The voyage heads north to the Burgundy wine region before sailing south past countless vineyards and through cities such as Vienna and Arles and ending in Avignon, all rich in Roman history – and all involving free walking tours and other excursions.
The Ship – Ms Lord Byron
MS Lord Byron, launched in 2013, carries 140 passengers. Its sleek appearance is tempered inside with polished wood, marble floors, brass and rich blue carpets decorated with fleur de lys. The mid-ship entrance opens on to a lounge and bar, adorned with blue and gold upholstery, that runs to the front. The restaurant occupies a similar space downstairs.

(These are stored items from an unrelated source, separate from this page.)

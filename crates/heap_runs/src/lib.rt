//! A heap whose arenas threads share, and the calls of its clients.
#![tactic(auto)]

mod cached;
mod calls;
mod closes;
mod heaps;
mod laws;
mod makes;
mod phases;
mod settings;
mod steps;

pub use cached::CachedFree;
pub use closes::Closed;
pub use heaps::{Ctx, SharedHeap};
pub use laws::{journals_are_legal, phases_add_up};
pub use phases::Job;
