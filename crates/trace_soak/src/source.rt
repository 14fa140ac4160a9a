//! The lines of the calls that are drawn.

ghost use Rattle.std.specs.Prelude.{◌≡◌, ◌∷◌, IfOk, IfSome, OnErr, length};
ghost use Rattle.trace_text.specs.declared.lines.Line.{Line};
ghost use Rattle.trace_soak.specs.Soak.{IsClientCall, IsOfClient, Takes, line_for, lines, slot_name};

use crate::draws::{Drawn, Recurrence};
use itoa::write_digits;
use std::alloc::{AllocError as NoMemory, Global};
use std::marker::Model;
use trace_text::{Line, Name, Ptr, Verb};

/// How many bytes there is room for in a slot's name: its letter, and the digits of any number.
const NAME_ROOM: usize = 21;

/// The lines that are still to be drawn, which contracts see as their list. None is kept: each is drawn as it is taken.
#[derive(Drop)]
pub struct Lines {
    recurrence: Recurrence,
    left: u64,
}

impl Model for Lines {
    ghost use Rattle.std.specs.Prelude.{◌+◌, ◌^◌, ◌<◌, List};
    ghost use Rattle.trace_text.specs.declared.lines.Line.{Line};
    ghost use Rattle.trace_soak.specs.Soak.{lines_from};

    ghost Value = { List Line };

    ghost view = { λ l. lines_from l.left l.recurrence };

    ghost invariant = { λ l. l.recurrence.number + l.left < 2 ^ 64 };
}

/// The name of a slot.
fn slot_name(alloc: Global, slot: u64) -> Result<Name, NoMemory>
    ensures { IfOk result (λ name. name ≡ slot_name slot) }
{
    let mut bytes = [0; NAME_ROOM];
    let first = write_digits(slot, &mut bytes, NAME_ROOM) - 1;
    bytes[first] = b'n';
    Name::new(alloc, &bytes[first..])
}

/// The line of a call that was drawn.
fn line_for(alloc: Global, call: Drawn) -> Result<Line, NoMemory>
    ensures { IfOk result (λ line. line ≡ line_for call) }
{
    let (client, verb) = match call {
        Drawn::Purge => (0, Verb::Purge(0)),
        Drawn::Malloc { client, slot, size } => {
            let name = slot_name(alloc, slot)?;
            (client, Verb::Malloc { name, size })
        }
        Drawn::Free { client, slot } => {
            let name = slot_name(alloc, slot)?;
            (client, Verb::Free(Ptr::Name(name)))
        }
    };
    Ok(Line::Call { client, verb })
}

impl Lines {
    /// The first lines, so many, that the recurrence draws from a start. Takes no memory.
    pub fn new(start: u64, calls: u64) -> Lines
        ensures { result ≡ lines start calls }
    {
        Lines {
            recurrence: Recurrence::new(start),
            left: calls,
        }
    }

    /// How many lines are still to be drawn.
    pub fn len(&self) -> u64
        ensures { result ≡ length self.now }
    {
        self.left
    }

    /// Draws the next line, if one is left: a whole malloc, free or purge of a client below 32. Where memory for it is
    /// wanting, it is passed over.
    pub fn next_line(&mut self, alloc: Global) -> Result<Option<Line>, NoMemory>
        ensures takes { IfOk result (λ taken. Takes taken self.old self.new) }
        ensures call { IfOk result (λ taken. IfSome taken IsClientCall) }
        ensures passed { OnErr result ((line : Line) × (self.old ≡ line ∷ self.new)) }
    {
        if self.left == 0 {
            return Ok(None);
        }
        let call = self.recurrence.next_call();
        self.left -= 1;
        Ok(Some(line_for(alloc, call)?))
    }
}
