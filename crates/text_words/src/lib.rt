//! The words of a line, and the numbers that words write.
//!
//! `Words::new(line, separator)` goes over the words of a line from front to back, and contracts see it as the list of
//! the words that are left. `decimal` and `hexadecimal` read a whole word as a number below 2^64 and tell why it is
//! none; `number` and `number_below` give a decimal number or nothing.
#![tactic(auto)]

mod faults;
mod numbers;
mod words;

pub use faults::NumberFault;
pub use numbers::{decimal, hexadecimal, number, number_below};
pub use words::Words;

Cabins are on three levels, two with glass walls, half of which slides back to turn the room into an airy space; the lower level simply has head-height windows.
The sun deck, running the length of the ship, has a large hot tub and putting green. Below there’s a sauna, steam room and hair salon.
Breakfast includes fried favourites, cereals, fruit and cold cuts and cheese; lunch buffet has salads and hot and cold options; afternoon tea features varied cakes; dinner is five courses with meat, fish and vegetarian choices plus always-available salmon and chicken.
Evenings feature music from resident pianist Kirill, quizzes and occasional guest acts – we had a ballroom dancing duo and a very good-humoured Gallic accordionist.
Lyon
We join the ship on the city centre riverbank, a place with the air of the Seine in Paris, alive with joggers, cyclists, even yoga fanatics, and a backdrop of elegant buildings. It’s lunchtime and we go for a walk, crossing the Rhône, passing through the streets on the promontory between the twin rivers then cross the Saône and disappear into the bustling old town. Heading back we follow the river to where it meets the Rhône at Confluence Park, a mix of shops, apartments and restaurants.
The next day a bus tour takes us up to the ridge above the old town where we visit the grandiose 19th-century Basilica of Notre-Dame de Fourvière dominating the skyline from just about wherever you are.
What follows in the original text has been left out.